Highly Phosphorescent Cyclometalated Iridium(III) Complexes for Optoelectronic Applications: Fine Tuning of the Emission Wavelength through Ancillary Ligands

A series of novel, highly phosphorescent cyclometalated iridium­(III) complexes of type [(X2C^N)2Ir­(Q2bpy)]+PF6– (where X2C^N is 2-phenylpyridine or 2-(2,4-difluorophenyl)­pyridine anion and Q2bpy are 4,4′-bifunctionalized 2,2′-bipyridines) is presented. The complexes were fully characterized by means of NMR spectroscopy, high-resolution mass spectrometry (HRMS), cyclic voltammetry, and UV–vis. For several compounds also the crystallographic structures were obtained. The cyclometalates exhibited efficient photoluminescence at 298 K both in solution and in the solid state with good intensity and color purity. The emission wavelength range covered almost the whole visible spectrum and was strongly correlated with the EWG/ERG character of the Q substituent in the ancillary ligand. For further insight into the electronic structure of the complexes, a comprehensive electrochemical support (CV) was introduced, and finally, it was confronted with theoretical background using a density functional theory approach together with time-dependent calculations of the excited states.

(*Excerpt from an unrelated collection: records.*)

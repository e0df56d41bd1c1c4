//! `entry_is_told`: the line of an entry is told as JSON by its fields.
ghost use Rattle.std.specs.Option.{ForSome};
ghost use Rattle.gp_ploam.specs.Down.{IsProperDown};
ghost use Rattle.gp_trace.specs.Text.{line_of};
ghost use Rattle.gp_entry_objects.specs.Told.{IsToldByFields};

use crate::held::{event_holds, grant_holds, is_small, reply_holds, sent_holds};
use gp_machine::Receipt;
use gp_ploam::Mask;

/// States that the line which a trace has of an entry, under the mask of its port's codes, has fields, under whatever
/// mask its codes are told, and that each object that is told of the line has these fields: it is not told as one text.
///
/// It looks at the entry, and changes nothing.
pub fn entry_is_told(mask: Mask, told: Mask, receipt: &Receipt)
    requires { ForSome receipt.now.entry.answer.sent IsProperDown }
    ensures { IsToldByFields told (line_of mask receipt.now) }
{
    is_small(u64::from(receipt.port));
    is_small(receipt.number);
    event_holds(told, &receipt.entry.event);
    reply_holds(&receipt.entry.answer.reply);
    sent_holds(mask, told, &receipt.entry.answer.sent);
    grant_holds(&receipt.entry.answer.grant);
}
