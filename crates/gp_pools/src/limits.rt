//! The law that the constants are the numbers that contracts have for them.
ghost use Rattle.std.specs.Prelude.{◌≡◌};
ghost use Rattle.gp_pools.specs.Limits.{first_alloc_id, last_alloc_id, max_quarantine};
ghost use Rattle.gp_pools.specs.Slots.{max_allocs};

use super::alloc_ids::{FIRST_ALLOC_ID, LAST_ALLOC_ID};
use super::allocs::MAX_ALLOCS;
use super::cooling::MAX_QUARANTINE;

/// States that the constants are the numbers that contracts have for them.
pub fn numbers_are_limited()
    ensures first { FIRST_ALLOC_ID ≡ first_alloc_id }
    ensures last { LAST_ALLOC_ID ≡ last_alloc_id }
    ensures each { MAX_ALLOCS ≡ max_allocs }
    ensures quarantine { MAX_QUARANTINE ≡ max_quarantine }
{}
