//! Leases of a number that the caller names, and which number would be leased next.
ghost use Rattle.std.specs.Prelude.{◌≡◌, ℕ, ◌↔◌, IsTrue, IfNone, IfSome};
ghost use Rattle.gp_pools.specs.Onu.{IsFreeOnu, NoneIsFree, onus_with_lease};
ghost use Rattle.gp_pools.specs.Pool.{HasRoom, IsFree, IsLeased, pool_with_lease};

use super::alloc_ids::{AllocIds, AllocLease};
use super::onu_ids::{OnuIds, OnuLease};
use gp_numbers::NumberSet;

impl OnuIds {
    /// Tells whether fewer ONU-IDs are out than may be.
    pub fn has_room(&self) -> bool
        ensures { IsTrue result ↔ HasRoom self.now.pool }
    {
        self.pool.has_room()
    }

    /// Finds the ONU-ID that `take` would lease, the least one, and leases none.
    pub fn free_one(&self) -> Option<u8>
        ensures none { IfNone result (NoneIsFree self.now) }
        ensures free { IfSome result (IsFreeOnu self.now) }
        ensures room { IfSome result (λ _. HasRoom self.now.pool) }
    {
        match self.pool.least_free(self.cooling.members()) {
            Some(number) => Some(number as u8),
            None => None,
        }
    }

    /// Leases this ONU-ID.
    pub fn lease(&mut self, number: u8) -> OnuLease
        requires free { IsFreeOnu self.old number }
        requires room { HasRoom self.old.pool }
        ensures number { result ≡ number }
        ensures pool { self.new ≡ onus_with_lease self.old number }
        ensures leased { IsLeased self.new.pool number }
    {
        self.pool.lease(u16::from(number));
        OnuLease { number }
    }
}

impl AllocIds {
    /// Finds the Alloc-ID that `take` would lease, the least one, and leases none.
    pub fn free_one(&self) -> Option<u16>
        ensures none { IfNone result ((number : ℕ) → IsFree self.now number → ⊥) }
        ensures free { IfSome result (IsFree self.now) }
    {
        self.pool.least_free(&NumberSet::new())
    }

    /// Leases this Alloc-ID.
    pub fn lease(&mut self, number: u16) -> AllocLease
        requires free { IsFree self.old number }
        ensures number { result ≡ number }
        ensures pool { self.new ≡ pool_with_lease self.old number }
        ensures leased { IsLeased self.new number }
    {
        // The question is asked so that the pool is known to be sound: then a free number leaves room.
        let free = self.pool.is_free(number);
        prove!(free);
        self.pool.lease(number);
        AllocLease { number }
    }
}
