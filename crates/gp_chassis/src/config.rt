//! What a chassis is opened with, and whether it is within its limits: up to sixteen ports, with no serial number
//! admitted twice.
ghost use Rattle.std.specs.Prelude.{◌≡◌, ◌↔◌, IsTrue};
ghost use Rattle.gp_chassis.specs.Limits.{IsWithin};

use crate::admitted_once::admits_each_once;
use gp_licence::MAX_LICENCES;
use gp_machine::{MAX_JOURNAL_LIMIT, MAX_PORTS, PortConfig};
use std::alloc::Global;

/// What a chassis is opened with.
#[derive(Drop)]
pub struct ChassisConfig {
    /// How many licences there are, each for one active unit on any port, at most 4064.
    pub licences: u32,
    /// How many entries the journal of each port keeps at most, 1 to 1,000,000.
    pub journal_limit: u32,
    /// The configurations of 1 to 16 ports. A serial number is admitted on one of them at most.
    pub ports: Vec<PortConfig>,
}

impl ChassisConfig {
    /// Tells whether each number is in its range, and no serial number is admitted twice, on one port or on two.
    /// Memory is taken for a list of the serial numbers; without it the answer takes longer.
    pub fn is_within(&self, alloc: Global) -> bool
        ensures { IsTrue result ↔ IsWithin self.now }
    {
        self.licences <= MAX_LICENCES
            && self.journal_limit > 0
            && self.journal_limit <= MAX_JOURNAL_LIMIT
            && !self.ports.is_empty()
            && self.ports.len() <= usize::from(MAX_PORTS)
            && self.ports.iter().all(|port| port.is_within_limits())
            && admits_each_once(alloc, self.ports.as_slice())
    }
}
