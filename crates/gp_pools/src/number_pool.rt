//! Which numbers of a range are out, leased or settled, as two sets of bits, and the least that is free. The pools of
//! ONU-IDs and of Alloc-IDs stand on it.
ghost use Rattle.std.specs.Prelude.{◌≡◌, ℕ, ◌+◌, ◌-◌, ◌*◌, ◌^◌, ◌<◌, ◌≤◌, ◌↔◌, IsTrue, IsNone, IfNone, IfSome, EachIndex, false};
ghost use Rattle.std.specs.FinSet as set;
ghost use Rattle.gp_pools.specs.Pool.{IsFree, IsLeased, IsSettled, IsSound, HasRoom, count_out, fresh_pool, pool_with_all_leased_again, pool_with_all_settled, pool_with_lease, pool_with_lease_again, pool_with_settled, pool_without_all, pool_without_lease};
ghost use Rattle.gp_pools.specs.Allocs.{IsRising, number_at};
ghost use Rattle.gp_pools.specs.Slots.{filled, numbers_in};

use gp_numbers::NumberSet;
use std::marker::Model;

/// The numbers from `FIRST` to `last`, of which at most `limit` are out: leased, or settled. It knows
/// the numbers alone; the leases are those of the pools above it.
#[derive(Drop)]
pub struct NumberPool<const FIRST: u16, const WORDS: usize> {
    leased: NumberSet<FIRST, WORDS>,
    settled: NumberSet<FIRST, WORDS>,
    out: u16,
    last: u16,
    limit: u16,
}

impl<const FIRST: u16, const WORDS: usize> Model for NumberPool<FIRST, WORDS> {
    ghost use Rattle.std.specs.Prelude.{◌+◌, ◌*◌};
    ghost use Rattle.gp_pools.specs.Pool.{Pool, pool_code, pool_of, IsKeptPool};

    ghost Value = { Pool };

    ghost coded = { pool_code };

    ghost view = { λ p. pool_of FIRST p.last p.limit p.leased p.settled };

    ghost invariant = { λ p. IsKeptPool (pool_of FIRST p.last p.limit p.leased p.settled) p.out (FIRST + 64 * WORDS) };
}

impl<const FIRST: u16, const WORDS: usize> NumberPool<FIRST, WORDS> {
    /// Makes a pool with nothing out.
    pub fn new(last: u16, limit: u16) -> Self
        requires fits { FIRST + 64 * WORDS ≤ 2 ^ 16 }
        requires last { last < FIRST + 64 * WORDS }
        requires limit { limit ≤ last + 1 - FIRST }
        ensures { result ≡ fresh_pool FIRST last limit }
    {
        NumberPool {
            leased: NumberSet::new(),
            settled: NumberSet::new(),
            out: 0,
            last,
            limit,
        }
    }

    /// Makes a second pool with the same numbers out.
    pub fn copy(&self) -> Self
        ensures { result ≡ self.now }
    {
        NumberPool {
            leased: self.leased.union(&self.leased),
            settled: self.settled.union(&self.settled),
            out: self.out,
            last: self.last,
            limit: self.limit,
        }
    }

    /// Leases a number that is not out, the least.
    pub fn take(&mut self) -> Option<u16>
        ensures none { IsNone result ↔ (count_out self.old ≡ self.old.limit) }
        ensures unchanged { IfNone result (self.new ≡ self.old) }
        ensures free { IfSome result (IsFree self.old) }
        ensures lease { IfSome result (λ number. self.new ≡ pool_with_lease self.old number) }
        ensures leased { IfSome result (IsLeased self.new) }
        ensures sound { IsSound self.old }
    {
        if self.out == self.limit {
            return None;
        }
        let Some(number) = self.leased.least_outside(&self.settled) else {
            unreachable!();
        };
        self.leased.insert(number);
        self.out += 1;
        Some(number)
    }

    /// Tells whether fewer numbers are out than may be.
    pub fn has_room(&self) -> bool
        ensures room { IsTrue result ↔ HasRoom self.now }
        ensures sound { IsSound self.now }
    {
        self.out < self.limit
    }

    /// Finds the least number that is not out and not barred, where one more may be out.
    pub fn least_free(&self, barred: &NumberSet<FIRST, WORDS>) -> Option<u16>
        ensures none { IfNone result
            ((number : ℕ) → IsFree self.now number → set.contains barred.now number ≡ false → HasRoom self.now → ⊥) }
        ensures free { IfSome result (IsFree self.now) }
        ensures unbarred { IfSome result (λ number. set.contains barred.now number ≡ false) }
        ensures room { IfSome result (λ _. HasRoom self.now) }
        ensures sound { IsSound self.now }
    {
        if self.out == self.limit {
            return None;
        }
        let taken = self.settled.union(barred);
        let number = self.leased.least_outside(&taken)?;
        if number > self.last {
            return None;
        }
        Some(number)
    }

    /// Leases a number that is free, where one more may be out.
    pub fn lease(&mut self, number: u16)
        requires free { IsFree self.old number }
        requires room { HasRoom self.old }
        ensures pool { self.new ≡ pool_with_lease self.old number }
        ensures leased { IsLeased self.new number }
    {
        self.leased.insert(number);
        self.out += 1;
    }

    /// Takes back a leased number.
    pub fn give_back(&mut self, number: u16)
        requires { IsLeased self.old number }
        ensures pool { self.new ≡ pool_without_lease self.old number }
        ensures sound { IsSound self.old }
    {
        self.leased.remove(number);
        self.out -= 1;
    }

    /// Tells whether the number is one of the pool's, and not out.
    pub fn is_free(&self, number: u16) -> bool
        ensures free { IsTrue result ↔ IsFree self.now number }
        ensures sound { IsSound self.now }
    {
        FIRST <= number
            && number <= self.last
            && !self.leased.contains(number)
            && !self.settled.contains(number)
    }

    /// Settles a leased number.
    pub fn settle(&mut self, number: u16)
        requires { IsLeased self.old number }
        ensures pool { self.new ≡ pool_with_settled self.old number }
        ensures settled { IsSettled self.new number }
    {
        self.leased.remove(number);
        self.settled.insert(number);
    }

    /// Leases a settled number again.
    pub fn lease_again(&mut self, number: u16)
        requires { IsSettled self.old number }
        ensures pool { self.new ≡ pool_with_lease_again self.old number }
        ensures leased { IsLeased self.new number }
        ensures own { (self.old.first ≤ number) × (number ≤ self.old.last) }
    {
        self.settled.remove(number);
        self.leased.insert(number);
    }

    /// Settles each of these leased numbers.
    pub fn settle_each(&mut self, slots: &[Option<(u16, bool)>])
        requires rising { IsRising (filled slots.now) }
        requires leased { EachIndex (filled slots.now) (λ k. IsLeased self.old (number_at (filled slots.now) k)) }
        ensures pool { self.new ≡ pool_with_all_settled self.old (numbers_in slots.now) }
        ensures settled { EachIndex (filled slots.now) (λ k. IsSettled self.new (number_at (filled slots.now) k)) }
    {
        for slot in slots {
            let Some((number, _)) = slot else {
                continue;
            };
            self.settle(*number);
        }
    }

    /// Leases each of these settled numbers again.
    pub fn lease_each(&mut self, slots: &[Option<(u16, bool)>])
        requires rising { IsRising (filled slots.now) }
        requires settled { EachIndex (filled slots.now) (λ k. IsSettled self.old (number_at (filled slots.now) k)) }
        ensures pool { self.new ≡ pool_with_all_leased_again self.old (numbers_in slots.now) }
        ensures leased { EachIndex (filled slots.now) (λ k. IsLeased self.new (number_at (filled slots.now) k)) }
        ensures own { EachIndex (filled slots.now) (λ k.
            (self.old.first ≤ number_at (filled slots.now) k) × (number_at (filled slots.now) k ≤ self.old.last)) }
    {
        for slot in slots {
            let Some((number, _)) = slot else {
                continue;
            };
            self.lease_again(*number);
        }
    }

    /// Takes back each of these leased numbers.
    pub fn give_back_each(&mut self, slots: &[Option<(u16, bool)>])
        requires rising { IsRising (filled slots.now) }
        requires leased { EachIndex (filled slots.now) (λ k. IsLeased self.old (number_at (filled slots.now) k)) }
        ensures { self.new ≡ pool_without_all self.old (numbers_in slots.now) }
    {
        for slot in slots {
            let Some((number, _)) = slot else {
                continue;
            };
            self.give_back(*number);
        }
    }
}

本文报道了一系列新型高磷光环金属化铱(III)配合物，其通式为[(X₂C^N)₂Ir(Q₂bpy)]⁺PF₆⁻（其中X₂C^N为2-苯基吡啶或2-(2,4-二氟苯基)吡啶阴离子，Q₂bpy为4,4′-双官能化2,2′-联吡啶）。该系列配合物通过核磁共振波谱、高分辨质谱（high-resolution mass spectrometry, HRMS）、循环伏安法（cyclic voltammetry, CV）以及紫外-可见光谱（UV–vis）完成了全面表征。针对部分化合物，还解析得到了其晶体结构。此类环金属化配合物在298 K条件下，于溶液及固态中均展现出高效的光致发光特性，发光强度优异且色纯度良好。其发射波长范围覆盖了几乎整个可见光光谱，且与辅助配体中Q取代基的吸电子基团（electron-withdrawing group, EWG）/给电子基团（electron-donating group, ERG）特性存在显著相关性。为进一步深入探究该类配合物的电子结构，本文引入了循环伏安法的综合电化学表征，并结合密度泛函理论（density functional theory）方法与激发态含时计算的理论框架开展了对比验证分析。